_Task data_
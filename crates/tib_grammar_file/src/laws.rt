// What holds of the text of grammars.
ghost use Rattle.tib_cost.specs.declared.Scale.{Scale};
ghost use Rattle.std.specs.Prelude.{◌≡◌, ◌≤◌, ℕ, List, Bool, Option, length};
ghost use Rattle.tib_lex.specs.Lists.{Along, Ascends, Distinct};
ghost use Rattle.tib_tree.specs.Grows.{Grows};
ghost use Rattle.tib_grammar.specs.GrammarOf.{GrammarOf};
ghost use Rattle.tib_grammar.specs.declared.Rule.{Rule};
ghost use Rattle.tib_grammar_file.specs.ByName.{HasText, PrintsBack};
ghost use Rattle.tib_tree.specs.Printed.{tree_text};
ghost use Rattle.tib_tree.specs.Trees.{Tree};
ghost use Rattle.tib_tree.specs.TreesText.{TreesText};
ghost use Rattle.tib_grammar.specs.Series.{IsSeries};
ghost use Rattle.tib_grammar_file.specs.ByText.{AgreeByText, AreOneTree};
ghost use Rattle.tib_grammar_file.specs.FaultLaws.{GivesFaults, HasOneFault, TextsHaveNone, TextOrFault};
ghost use Rattle.tib_grammar_file.specs.GrammarText.{GrammarText};
ghost use Rattle.tib_grammar_file.specs.Printable.{ArePrintable};
ghost use Rattle.tib_grammar_file.specs.Printed.{AreLabelled, grammar_text};
ghost use Rattle.tib_grammar_file.specs.Rule.{ReadsRules};

/// The parts that are read from tokens are those of the rule that the tokens spell.
pub fn rules_are_read()
    ensures { ReadsRules }
{}

/// The function that says what a file holds gives a fault exactly if this is the first of the file.
pub fn faults_are_read()
    ensures { GivesFaults }
{}

/// A file has at most one first fault.
pub fn first_fault_is_one()
    ensures { HasOneFault }
{}

/// A file with a fault is not the text of any grammar within the limit on nodes, over any table of
/// labels.
pub fn faults_have_no_text()
    ensures { TextsHaveNone }
{}

/// Each file is the text of a grammar within the limit on nodes, over some table of labels, or it
/// has a first fault.
pub fn files_are_texts_or_faulty()
    ensures { TextOrFault }
{}

/// Bytes are the text of at most one grammar over one table of distinct labels.
pub fn text_has_one_grammar()
    ensures { (scale : Scale) (labels : List (List ℕ)) (bytes : List ℕ) (g h : GrammarOf) →
        Distinct labels → GrammarText scale labels bytes g → GrammarText scale labels bytes h →
        g ≡ h }
{}

/// The rules of a grammar that was read can be printed over the same table.
pub fn read_grammars_are_printable()
    ensures { (scale : Scale) (labels : List (List ℕ)) (bytes : List ℕ) (g : GrammarOf) →
        GrammarText scale labels bytes g → ArePrintable scale labels g.rules }
{}

/// The labels of rules that can be printed are in the table.
pub fn printable_is_labelled()
    ensures { (scale : Scale) (labels : List (List ℕ)) (rules : List (Rule ℕ)) →
        ArePrintable scale labels rules → AreLabelled (length labels) rules }
{}

/// Rules that can be printed over a table can be printed over one that has grown.
pub fn printable_stays()
    ensures { (scale : Scale) (early labels : List (List ℕ)) (rules : List (Rule ℕ)) →
        ArePrintable scale early rules → Grows early labels → ArePrintable scale labels rules }
{}

/// Bytes that are the text of two grammars, each over a table of labels of its own, are that of one
/// grammar by the texts of its labels.
pub fn one_grammar_by_text()
    ensures { (scale : Scale) (labels others : List (List ℕ)) (bytes : List ℕ) (g h : GrammarOf) →
        GrammarText scale labels bytes g → GrammarText scale others bytes h →
        AgreeByText labels others g h }
{}

/// Bytes that are the text of trees over two tables of labels are that of the same trees by the
/// texts of their labels, and trees that agree so are printed alike.
pub fn trees_are_one_by_text()
    ensures trees { (labels others : List (List ℕ)) (bytes : List ℕ) (ts us : List (Tree ℕ)) →
        TreesText labels bytes ts → TreesText others bytes us →
        Along (AreOneTree labels others) ts us }
    ensures printed { (labels others : List (List ℕ)) (t u : Tree ℕ) →
        AreOneTree labels others t u → tree_text labels t ≡ tree_text others u }
{}

/// Grammars that agree by the texts of their labels have one series: trees that agree by these
/// texts have the same value.
pub fn one_series_by_text()
    ensures { (product : ℕ → ℕ → ℕ) (labels others : List (List ℕ)) (g h : GrammarOf) (t u : Tree ℕ)
        (v : Option ℕ) → Distinct labels → Distinct others → AgreeByText labels others g h →
        AreOneTree labels others t u → IsSeries product g.rules t v → IsSeries product h.rules u v }
{}

/// What is printed of a grammar is the text of the same grammar, states by their names, and reads
/// back where no right-hand side has more than 10,000 nodes. No label of a rule may have a line
/// feed, each state but the start needs a rule, and where weights are not kept all costs are 0.
pub fn printed_grammars_are_read()
    ensures { PrintsBack }
{}

/// What is printed of a grammar whose rules ascend by their left states is the text of this very
/// grammar: its states keep their numbers.
pub fn sorted_grammars_are_read()
    ensures { (scale : Scale) (labels : List (List ℕ)) (g : GrammarOf) → HasText scale labels g →
        Ascends (λ r s. r.left ≤ s.left) g.rules →
        GrammarText scale labels (grammar_text scale labels g) g }
{}
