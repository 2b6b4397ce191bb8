// Prints grammars.
ghost use Rattle.std.specs.Prelude.{◌++◌, ℕ, [], ◌∷◌, length};
ghost use Rattle.tib_tree.specs.Trees.{only};
ghost use Rattle.tib_io.specs.Wrote.{Wrote};
ghost use Rattle.tib_grammar_file.specs.Printed.{IsSideWithin, IsRuleWithin, trees_text, cost_text, rule_text, grammar_text, AreLabelled};

use crate::file::{RuleNotation, put_file};
use crate::pieces::{put, put_end};
use crate::symbols::GrammarSides;
use crate::trees::put_side;
use tib_cost::{Scale, Semiring};
use tib_grammar::{Grammar, Names, Rule};
use tib_io::{Failed, Sink};
use tib_tree::Labels;

fn put_right<W: Sink>(
    out: &mut W,
    scale: Scale,
    rule: &Rule<u32>,
    names: &Names,
    labels: &Labels,
) -> Result<(), Failed>
    requires { IsSideWithin names.now labels.now rule.now.right }
    ensures { Wrote (W.seen out.old) (W.seen out.new)
        (trees_text names.now labels.now (only rule.now.right) 0 ++ (cost_text scale rule.now.cost
        ++ 10 ∷ [])) result }
{
    match put_side::<GrammarSides, W>(out, &rule.right, names, labels) {
        Ok(()) => put_end(out, scale, rule.cost),
        Err(Failed) => Err(Failed),
    }
}

fn put_arrow<W: Sink>(
    out: &mut W,
    scale: Scale,
    rule: &Rule<u32>,
    names: &Names,
    labels: &Labels,
) -> Result<(), Failed>
    requires { IsSideWithin names.now labels.now rule.now.right }
    ensures { Wrote (W.seen out.old) (W.seen out.new)
        (32 ∷ (45 ∷ (62 ∷ (32 ∷ []))) ++ (trees_text names.now labels.now (only rule.now.right) 0
        ++ (cost_text scale rule.now.cost ++ 10 ∷ []))) result }
{
    match put(out, b" -> ") {
        Ok(()) => put_right(out, scale, rule, names, labels),
        Err(Failed) => Err(Failed),
    }
}

// Appends the line of a rule.
fn put_rule<W: Sink>(
    out: &mut W,
    scale: Scale,
    rule: &Rule<u32>,
    names: &Names,
    labels: &Labels,
) -> Result<(), Failed>
    requires { IsRuleWithin names.now labels.now rule.now }
    ensures { Wrote (W.seen out.old) (W.seen out.new)
        (rule_text scale names.now labels.now rule.now) result }
{
    match put(out, names.text(rule.left)) {
        Ok(()) => put_arrow(out, scale, rule, names, labels),
        Err(Failed) => Err(Failed),
    }
}

/// How the rules of a grammar are written.
pub(crate) struct GrammarRules;

impl RuleNotation for GrammarRules {
    ghost use Rattle.tib_grammar_file.specs.Printed.{rule_text, IsRuleWithin};

    type Rule = Rule<u32>;

    ghost rule_text = { rule_text };

    ghost fits = { IsRuleWithin };

    fn put_rule<W: Sink>(
        out: &mut W,
        scale: Scale,
        rule: &Rule<u32>,
        names: &Names,
        labels: &Labels,
    ) -> Result<(), Failed> {
        put_rule(out, scale, rule, names, labels)
    }
}

/// Prints a grammar whose labels are in range of the table: a line with the start's name, and then
/// a line for each rule. A label is in quotes where it would not read as one. Where weights are
/// kept, each line ends with the weight of the rule's cost. If the sink fails, a front of the text
/// was appended. It takes no memory; its calls nest as deep as the deepest right-hand side. Worst
/// case: O(b) steps for b bytes of text, where a label that is looked up among the names by its
/// hash counts once.
pub fn print_grammar<S: Semiring, W: Sink>(
    grammar: &Grammar<S>,
    labels: &Labels,
    out: &mut W,
) -> Result<(), Failed>
    requires { AreLabelled (length labels.now) grammar.now.rules }
    ensures { Wrote (W.seen out.old) (W.seen out.new)
        (grammar_text S.SCALE labels.now grammar.now) result }
{
    grammar.is_sound();
    put_file::<GrammarRules, W>(out, S::SCALE, grammar.rule_list(), grammar.names(), labels)
}

/// Prints the line of a rule, whose states and labels have texts, as `print_grammar` does. If the
/// sink fails, a front of the line was appended. It takes no memory; its calls nest as deep as the
/// right-hand side. Worst case: that of `print_grammar`, for the bytes of the line.
pub fn print_rule<S: Semiring, W: Sink>(
    rule: &Rule<u32>,
    names: &Names,
    labels: &Labels,
    out: &mut W,
) -> Result<(), Failed>
    requires { IsRuleWithin names.now labels.now rule.now }
    ensures { Wrote (W.seen out.old) (W.seen out.new)
        (rule_text S.SCALE names.now labels.now rule.now) result }
{
    put_rule(out, S::SCALE, rule, names, labels)
}
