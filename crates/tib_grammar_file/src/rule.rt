// The parts of a rule line.
ghost use Rattle.std.specs.Prelude.{◌≡◌, ◌≤◌, ◌<◌, ◌-◌, ◌^◌, ℕ, List, [], ◌∷◌, length, drop, IfOk, IfSome, All};
ghost use Rattle.std.specs.Option.{option_map};
ghost use Rattle.tib_lex.specs.Grammar.{Word};
ghost use Rattle.tib_lex.specs.Line.{word_at, words_at, text_of, Lies};
ghost use Rattle.tib_grammar_file.specs.Rule.{last_two, weight_in, front_of, head_of, has_dot as spec_has_dot, parts_of};
ghost use Rattle.tib_grammar_file.specs.Found.{text_at, found_parts, FoundLies, WeightLies, IsCost};
ghost use Rattle.tib_grammar_file.specs.Weight.{cost_of};

use crate::weight::{one, read_weight};
use std::alloc::AllocError;
use tib_cost::{Cost, Scale};
use tib_lex::{Kind, LineError, Token, read_text};
use tib_tree::Reader;

// The tokens of a rule's left state and of its weight.
#[derive(Clone, Copy, Debug)]
pub(crate) struct LeftAndWeight {
    pub left: Token,
    pub weight: Option<Token>,
}

fn weight_token(hash: Token, name: Token) -> Option<Token>
    ensures text { (line : List ℕ) → last_two (word_at line hash ∷ word_at line name ∷ [])
        ≡ text_at line result }
    ensures same { IfSome result (λ t. t ≡ name) }
{
    match hash.kind {
        Kind::Hash => match name.kind {
            Kind::Name => Some(name),
            _ => None,
        },
        _ => None,
    }
}

/// The token of the weight at the end of these tokens, if a hash and a name end them. It takes no
/// memory, and looks at the last two tokens alone.
pub fn weight_of(rest: &[Token]) -> Option<Token>
    ensures weight { (line : List ℕ) → weight_in (words_at line rest.now) ≡ text_at line result }
    ensures long { IfSome result (λ t. 2 ≤ length rest.now) }
    ensures lies { (long : ℕ) → All (Lies long) rest.now → WeightLies long result }
{
    let n = rest.len();
    if n < 2 {
        return None;
    }
    weight_token(rest[n - 2], rest[n - 1])
}

/// The tokens of the tree before the weight. It takes no memory, and looks at no token.
pub fn tree_tokens(rest: &[Token], weight: Option<Token>) -> &[Token]
    requires { IfSome weight (λ t. 2 ≤ length rest.now) }
    ensures { result.now ≡ front_of weight rest.now }
{
    match weight {
        None => rest,
        Some(_) => &rest[..rest.len() - 2],
    }
}

fn arrow_after(left: Token, arrow: Token) -> Option<Token>
    ensures text { (line : List ℕ) → (words : List Word) →
        head_of (word_at line left ∷ word_at line arrow ∷ words)
        ≡ option_map (λ t. (text_of (word_at line t), words)) result }
    ensures same { IfSome result (λ t. t ≡ left) }
{
    match left.kind {
        Kind::Name => match arrow.kind {
            Kind::Arrow => Some(left),
            _ => None,
        },
        _ => None,
    }
}

// The token of the left state, if an arrow follows it.
fn head_token(tokens: &[Token]) -> Option<Token>
    ensures head { (line : List ℕ) → head_of (words_at line tokens.now)
        ≡ option_map (λ t. (text_of (word_at line t), words_at line (drop 2 tokens.now))) result }
    ensures long { IfSome result (λ t. 2 ≤ length tokens.now) }
    ensures lies { (long : ℕ) → All (Lies long) tokens.now → WeightLies long result }
{
    if tokens.len() < 2 {
        return None;
    }
    arrow_after(tokens[0], tokens[1])
}

fn after_head(tokens: &[Token]) -> &[Token]
    requires { 2 ≤ length tokens.now }
    ensures { result.now ≡ drop 2 tokens.now }
{
    &tokens[2..]
}

/// Whether a full stop is in a text. Worst case: O(n) steps for n bytes.
pub fn has_dot(text: &[u8]) -> bool
    ensures { result ≡ spec_has_dot text.now }
{
    text.iter().any(|byte| b'.' == *byte)
}

// Reads the tree of a rule, and finds its left state and its weight.
pub(crate) fn read_parts(
    line: &[u8],
    tokens: &[Token],
    reader: &mut Reader,
    text: &mut Vec<u8>,
) -> Result<Option<LeftAndWeight>, AllocError>
    requires few { length tokens.now < 2 ^ 32 - 1 }
    requires lie { All (Lies (length line.now)) tokens.now }
    ensures parts { IfOk result (λ found. parts_of (words_at line.now tokens.now)
        ≡ found_parts line.now reader.new.places.items found) }
    ensures lies { IfOk result (λ found. FoundLies (length line.now) reader.new.places.items
        found) }
{
    let Some(left) = head_token(tokens) else {
        return Ok(None);
    };
    read_text(line, left, text)?;
    if has_dot(text) {
        return Ok(None);
    }
    let rest = after_head(tokens);
    let weight = weight_of(rest);
    if !reader.read(tree_tokens(rest, weight))? {
        return Ok(None);
    }
    Ok(Some(LeftAndWeight { left, weight }))
}

/// The cost of a rule with this weight or without one. A fault is that of the weight; `OutOfMemory`
/// if memory is refused. The text is read into `text`. Worst case: O(n) steps for the n bytes of
/// the weight.
#[tactic(auto, unfolding(crate::specs::Weight::cost_of))]
pub fn read_cost(
    scale: Scale,
    line: &[u8],
    weight: Option<Token>,
    text: &mut Vec<u8>,
) -> Result<Cost, LineError>
    requires { WeightLies (length line.now) weight }
    ensures { IsCost result (cost_of scale (text_at line.now weight)) }
{
    match weight {
        None => Ok(one()),
        Some(token) => {
            read_text(line, token, text)?;
            match read_weight(scale, text) {
                Ok(cost) => Ok(cost),
                Err(kind) => Err(LineError::Fault(kind)),
            }
        }
    }
}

_What to produce_
Of the entries above, repeat exactly the lines from the line with "arrow follows it." through the line with "fn after_head(tokens: &[Token]) -> &[Token]", both of them included.

_Answer section_
// The token of the left state, if an arrow follows it.
fn head_token(tokens: &[Token]) -> Option<Token>
    ensures head { (line : List ℕ) → head_of (words_at line tokens.now)
        ≡ option_map (λ t. (text_of (word_at line t), words_at line (drop 2 tokens.now))) result }
    ensures long { IfSome result (λ t. 2 ≤ length tokens.now) }
    ensures lies { (long : ℕ) → All (Lies long) tokens.now → WeightLies long result }
{
    if tokens.len() < 2 {
        return None;
    }
    arrow_after(tokens[0], tokens[1])
}

fn after_head(tokens: &[Token]) -> &[Token]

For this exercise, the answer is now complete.